In 1994 Eric graduated from Seminary and we moved to The Dalles, OR.  After we lived there for a few months, we looked into the foster-to-adopt program.  In 1995 we started taking our foster parenting classes.  Little did we know that in January of 1995, our first son was born and waiting for us!

We finished our classes and was assigned a caseworker named Judy Schock.  She helped us create our homestudy and walked us through the process.  In Oregon, each child is given a committee who helps to find them a home.  Caseworkers present their families for consideration.  Three good families are chosen for the child, and then the committee meets to choose the best family for that child.  I like that idea. It is backwards from how most people think adoptions happen – where the parent chooses the child.

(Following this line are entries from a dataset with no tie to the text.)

impl<A: Allocator + Clone> Heap<A> {
    /// A heap with no object. Its first blocks are set aside for nurseries.
    pub fn new(alloc: A, config: Config) -> Result<Heap<A>, MakeError>
        ensures ok { IfOk result (λ heap. heap ≡ empty_heap config) }
        ensures full { (result ≡ Err MakeError.HeapFull) ↔ (config.blocks < nursery_count config) }
        ensures sound { IfOk result (λ heap. IsHeap heap) }
    {
        if config.blocks() < config.mutators() * config.nursery_blocks() {
            return Err(MakeError::HeapFull);
        }
        let Ok(own) = alloc.clone() else {
            return Err(MakeError::NoMemory);
        };
        match Heap::empty(own, alloc, config) {
            Ok(heap) => Ok(heap),
            Err(_) => Err(MakeError::NoMemory),
        }
    }

    /// The same where the nurseries have their blocks.
    fn empty(own: A, alloc: A, config: Config) -> Result<Heap<A>, AllocError>
        requires { nursery_count config ≤ config.blocks }
        ensures ok { IfOk result (λ heap. heap ≡ empty_heap config) }
        ensures sound { IfOk result (λ heap. IsHeap heap) }
    {
        let roots = Roots::new(own.clone()?)?;
        let remembered = Remembered::new(own, config.generations())?;
        let objects = HeapObjects::new(alloc, config)?;
        let _free = objects.free_count();
        Ok(Heap {
            objects,
            roots,
            remembered,
        })
    }

    /// A new object of a mutator, with so many nil pointers and zero words, and a new root to it. Where it takes more than a
    /// quarter of a block it is large, and stands in blocks of its own. It does not collect.
    pub fn allocate(
        &mut self,
        mutator: u64,
        pointers: u64,
        plain_words: u64,
    ) -> Result<RootId, AllocateError>
        ensures ok { IfOk result (λ root. Allocates self.old mutator pointers plain_words root.number self.new) }
        ensures no_mutator { (result ≡ Err AllocateError.NoMutator) ↔ (self.old.config.mutators ≤ mutator) }
        ensures too_big { (result ≡ Err AllocateError.TooBig)
            ↔ ((mutator < self.old.config.mutators) × IsTrue (is_too_big pointers plain_words)) }
        ensures full { (result ≡ Err AllocateError.NurseryFull)
            ↔ ((mutator < self.old.config.mutators) × (is_too_big pointers plain_words ≡ false) ×
            (is_large_size self.old.config (1 + pointers + plain_words) ≡ false)
            × (room_for self.old mutator (1 + pointers + plain_words) ≡ None)) }
        ensures heap_full { (result ≡ Err AllocateError.HeapFull)
            ↔ ((mutator < self.old.config.mutators) × (is_too_big pointers plain_words ≡ false) ×
            IsTrue (is_large_size self.old.config (1 + pointers + plain_words))
            × (length self.old.free < wanted_blocks self.old pointers plain_words)) }
        ensures err { OnErr result (self.new ≡ self.old) }
    {
        let config = self.objects.config();
        if mutator >= config.mutators() as u64 {
            return Err(AllocateError::NoMutator);
        }
        if pointers > MOST_FIELDS || plain_words > MOST_FIELDS {
            return Err(AllocateError::TooBig);
        }
        if 1 + pointers + plain_words > config.block_words() as u64 / 4 {
            return self.allocate_large(pointers as u32, plain_words as u32);
        }
        self.allocate_small(mutator as usize, pointers as u32, plain_words as u32)
    }

    /// The same for a small object and a mutator that there is.
    fn allocate_small(&mut self, mutator: usize, p: u32, q: u32) -> Result<RootId, AllocateError>
        requires mutator { mutator < self.old.config.mutators }
        requires small { 1 + p + q ≤ self.old.config.block_words / 4 }
        ensures ok { IfOk result (λ root. AllocatesSmall self.old mutator p q root.number self.new) }
        ensures full { (result ≡ Err AllocateError.NurseryFull) ↔ (room_for self.old mutator (1 + p + q) ≡ None) }
        ensures has_mutator { result ≢ Err AllocateError.NoMutator }
        ensures fits { result ≢ Err AllocateError.TooBig }
        ensures is_small { result ≢ Err AllocateError.HeapFull }
        ensures err { OnErr result (self.new ≡ self.old) }
    {
        if !self.objects.has_room(mutator, 1 + p as usize + q as usize) {
            return Err(AllocateError::NurseryFull);
        }
        if self.roots.reserve().is_err() {
            return Err(AllocateError::NoMemory);
        }
        match self.objects.allocate(mutator, p, q) {
            Some(place) => Ok(RootId {
                number: self.roots.insert_reserved(place),
            }),
            None => Err(AllocateError::NurseryFull),
        }
    }

    /// The same for a large object.
    fn allocate_large(&mut self, p: u32, q: u32) -> Result<RootId, AllocateError>
        requires pointers { p ≤ 100000 }
        requires plain { q ≤ 100000 }
        requires large { self.old.config.block_words / 4 < 1 + p + q }
        ensures ok { IfOk result (λ root. AllocatesLarge self.old p q root.number self.new) }
        ensures full { (result ≡ Err AllocateError.HeapFull) ↔ (length self.old.free < wanted_blocks self.old p q) }
        ensures has_mutator { result ≢ Err AllocateError.NoMutator }
        ensures fits { result ≢ Err AllocateError.TooBig }
        ensures is_large { result ≢ Err AllocateError.NurseryFull }
        ensures err { OnErr result (self.new ≡ self.old) }
    {
        if self.objects.free_count() < self.objects.wanted(p, q) {
            return Err(AllocateError::HeapFull);
        }
        if self.roots.reserve().is_err() {
            return Err(AllocateError::NoMemory);
        }
        match self.objects.allocate_large(p, q) {
            Ok(place) => Ok(RootId {
                number: self.roots.insert_reserved(place),
            }),
            Err(_) => Err(AllocateError::NoMemory),
        }
    }

    /// Gives up a root. Its object may stay alive by others.
    pub fn release(&mut self, root: RootId) -> Result<(), NoRoot>
        ensures known { IsOk result ↔ IsSome (root_at self.old.graph root.number) }
        ensures ok { OnOk result (self.new ≡ record self.old { graph = without_root self.old.graph root.number }) }
        ensures err { OnErr result (self.new ≡ self.old) }
    {
        let _objects = &self.objects;
        let Some(_place) = self.roots.remove(root.number) else {
            return Err(NoRoot);
        };
        Ok(())
    }

    /// Where the object of a root stands.
    pub fn target(&self, root: RootId) -> Option<Place>
        ensures { option_map place_word result ≡ root_at self.now.graph root.number }
    {
        self.roots.get(root.number)
    }

    /// How many objects there are of each kind.
    pub fn census(&self) -> Census
        ensures { result ≡ heap_census self.now }
    {
        let _free = self.objects.free_count();
        let steps = step_counts(&self.objects);
        Census::new(
            steps,
            self.objects.count_large(),
            self.roots.len() as u64,
            self.objects.count_remembered(),
        )
    }

    /// The sizes that the heap was made with.
    pub fn config(&self) -> Config
        ensures { result ≡ self.now.config }
    {
        self.objects.config()
    }

    /// The object at a place, where there is one.
    pub fn object(&self, place: Place) -> Option<ObjectRef<'_>>
        ensures { MatchOption result (object_at self.now.graph (place_word place) ≡ None)
            (λ object. IsSomeAnd (object_at self.now.graph (place_word place)) (λ o. IsShownAs o (raw_of object))) }
    {
        self.objects.object(place)
    }

    /// The generation and step of the object at a place, where there is one.
    pub fn step_of(&self, place: Place) -> Option<StepId>
        ensures { option_map step_pair result ≡ option_map stands_at (object_at self.now.graph (place_word place)) }
    {
        self.objects.step_of(place)
    }

    /// How many blocks' memory is kept for the next collection: at most as many as were in use after the last one, and a quarter
    /// more. It counts as neither free nor used.
    pub fn spare_blocks(&self) -> usize {
        self.objects.spare_blocks()
    }

    /// The memory that is kept for the next collection, for its workers.
    pub fn take_spare(&mut self) -> Spare<A>
        ensures { self.new ≡ self.old }
    {
        self.objects.take_spare()
    }

    /// Keeps the memory of a report's lists for the next collection, if it has room for no more than three times what they hold
    /// and 1,024 entries, and else gives it back: whoever has read a report hands it in, so that collections need not ask for as
    /// much memory again.
    pub fn reuse(&mut self, report: Report<A>)
        ensures { self.new ≡ self.old }
    {
        self.objects.keep_lists(report.workers);
    }

    /// Opens a collection of the generations 0 to `generation`. The heap stays as it is.
    pub fn open_collection(&self, alloc: A, generation: u64) -> Result<Collection<A>, OpenError>
        ensures ok { IfOk result (λ collection. IsOpened self.now generation collection) }
        ensures no_generation { (result ≡ Err OpenError.NoGeneration) ↔
            (self.now.config.shape.generations ≤ generation) }
        // What holds of every heap.
        ensures range { IsInRange self.now.config }
        ensures sound { IsHeap self.now }
    {
        let _free = self.objects.free_count();
        if generation >= self.objects.config().generations() as u64 {
            return Err(OpenError::NoGeneration);
        }
        match opened(
            alloc,
            &self.objects,
            &self.roots,
            &self.remembered,
            generation as u8,
        ) {
            Ok(collection) => Ok(collection),
            Err(_) => Err(OpenError::NoMemory),
        }
    }

    /// The number of an object in a collection that was opened on this heap as it is now.
    pub fn number_of(&self, collection: &Collection<A>, place: Place) -> u32
        requires opened { IsOpened self.now collection.now.generation collection.now }
        requires young { IsYoung self.now.graph collection.now.generation (place_word place) }
        ensures in_range { result < collection.now.cells }
        ensures number { slice_index (young_names self.now.graph collection.now.generation) result ≡ place_word place }
    {
        self.objects
            .number_of(collection.numbering(), collection.generation(), place)
    }

    /// The object at a place where there is one, with its generation and step, and with its number in a collection that was
    /// opened on this heap as it is now, where its generation is collected.
    #[inline(always)]
    pub fn find_there(&self, collection: &Collection<A>, place: Place) -> Found<'_>
        requires opened { IsOpened self.now collection.now.generation collection.now }
        requires there { IsSome (object_at self.now.graph (place_word place)) }
        ensures { IsFound self.now collection.now (place_word place) result }
    {
        let (object, at, number) = self
            .objects
            .find(collection.numbering(), collection.generation(), place);
        Found { object, at, number }
    }

    /// The same of any place. `None` says that there is no object.
    pub fn find(&self, collection: &Collection<A>, place: Place) -> Option<Found<'_>>
        requires opened { IsOpened self.now collection.now.generation collection.now }
        ensures { MatchOption result (object_at self.now.graph (place_word place) ≡ None)
            (λ found. IsFound self.now collection.now (place_word place) found) }
    {
        match self.objects.object(place) {
            Some(object) => {
                let (at, number) = self
                    .objects
                    .step_and_number(collection.numbering(), collection.generation(), place);
                Some(Found { object, at, number })
            }
            None => None,
        }
    }

    /// The block in which the small object at a place lies where there is one, with the object's generation and step, and with
    /// its number in a collection that was opened on this heap as it is now, where its generation is collected. It reads the
    /// object's header alone.
    #[inline(always)]
    pub fn find_small(&self, collection: &Collection<A>, at: SmallPlace) -> FoundSmall<'_, A>
        requires opened { IsOpened self.now collection.now.generation collection.now }
        requires there { IsSome (object_at self.now.graph (small_word at.block at.offset)) }
        ensures { IsFoundIn self.now collection.now (small_word at.block at.offset) at.offset result.block.now
            (step_pair result.at) result.number }
    {
        let (block, at, number) = self
            .objects
            .find_small(collection.numbering(), collection.generation(), at);
        FoundSmall { block, at, number }
    }

    /// Ends a collection: the heap is what the workers brought back. Where memory runs out the heap is as before.
    pub fn commit(&mut self, alloc: A, settled: Settled<A>) -> Result<Report<A>, AllocError>
        requires { IsSettled self.old settled.collection settled.places settled.blocks.items
            (all_won settled.workers.items) }
        ensures ok { IfOk result (λ _. CollectedHeap self.old settled.collection.generation
            (renaming_of (young_names self.old.graph settled.collection.generation) (all_won settled.workers.items))
            self.new) }
        ensures kept { IfOk result (λ report. LiveCount self.old.graph settled.collection.generation report.kept) }
        ensures won { IfOk result (λ report. report.kept ≡ sum_by (λ w. length w.won) settled.workers.items) }
        ensures freed { IfOk result (λ report. report.kept + report.freed
            ≡ length (young_names self.old.graph settled.collection.generation)) }
        ensures workers { IfOk result (λ report. report.workers ≡ settled.workers) }
        ensures deliveries { IfOk result (λ report. report.deliveries ≡ settled.deliveries) }
        ensures sound { IfOk result (λ _. IsHeap self.new) }
        ensures err { OnErr result (self.new ≡ self.old) }
    {
        commit(
            alloc,
            &mut self.objects,
            &mut self.roots,
            &mut self.remembered,
            settled,
        )
    }
}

But as we were living through that experience, I hated it!  Every time we were presented for a child, we were chosen to be on the committee.  But then every committee chose a different family.  I think we lost track of how many committees we were part of (our part was simply to pray and wait for the phone call) but I remember the first one like it was last week.  It was a sibling pair – Michael & Emily – who were 3 and an infant.  We were camping on vacation while the committee was taking place.  We called Judy in eager anticipation.  We were devastated to find out we weren’t chosen.  Of course, now I can look back and see God’s hand in it…but at that point it was another loss to grieve.

In April 1996, we finally told Judy that we couldn’t do this anymore.  It was too painful.  We had concerns that children weren’t being placed with us because Eric was a pastor.  Feedback we were given confirmed there was some prejudice that we were unable to confront due to the system.  Judy had put us in for one more committee so we agreed to go forward with that one.  While in the early committees we were asking for as much information as possible, by this time we were asking her to keep the facts to herself so that we would not invest our hearts as much.  All we knew was that this was a committee for a blond boy of 15 mos old who wore glasses.

I remember it was a Friday.  I was at work at the Columbia Gorge Community College Library.  I remember it was a quiet day in the library.  I was trying not to think about the committee.

I received a phone call from Judy and I, sadly, cant’ remember her words!  But I remember that the librarian just knew by the look on my face!  I was pretty shocked!  I tried to call Eric at the church but he wasn’t there.  I remembered that he was going to do some visitations that afternoon, so I tried to hunt him down.  I found out he was on his way to see our friend Gregg.  But when I called Gregg, he hadn’t arrived yet.  I ended up telling Gregg and Dixie our news.  And Gregg ended up telling Eric. He greeted him on the porch with “Hi Daddy!”…I imagine it took Eric a bit to figure that out.

Judy said there was a video tape of J1 and if we could get to Hood River by 4:30 we could pick it up – otherwise we’d have to wait for Monday.  Of course, we rushed right over!  We had a celebratory meal at our favorite Chinese restaurant in Hood River and then rushed home to watch the video.  It was short and left us wishing for more!

We thought the waiting was over….but it hadn’t.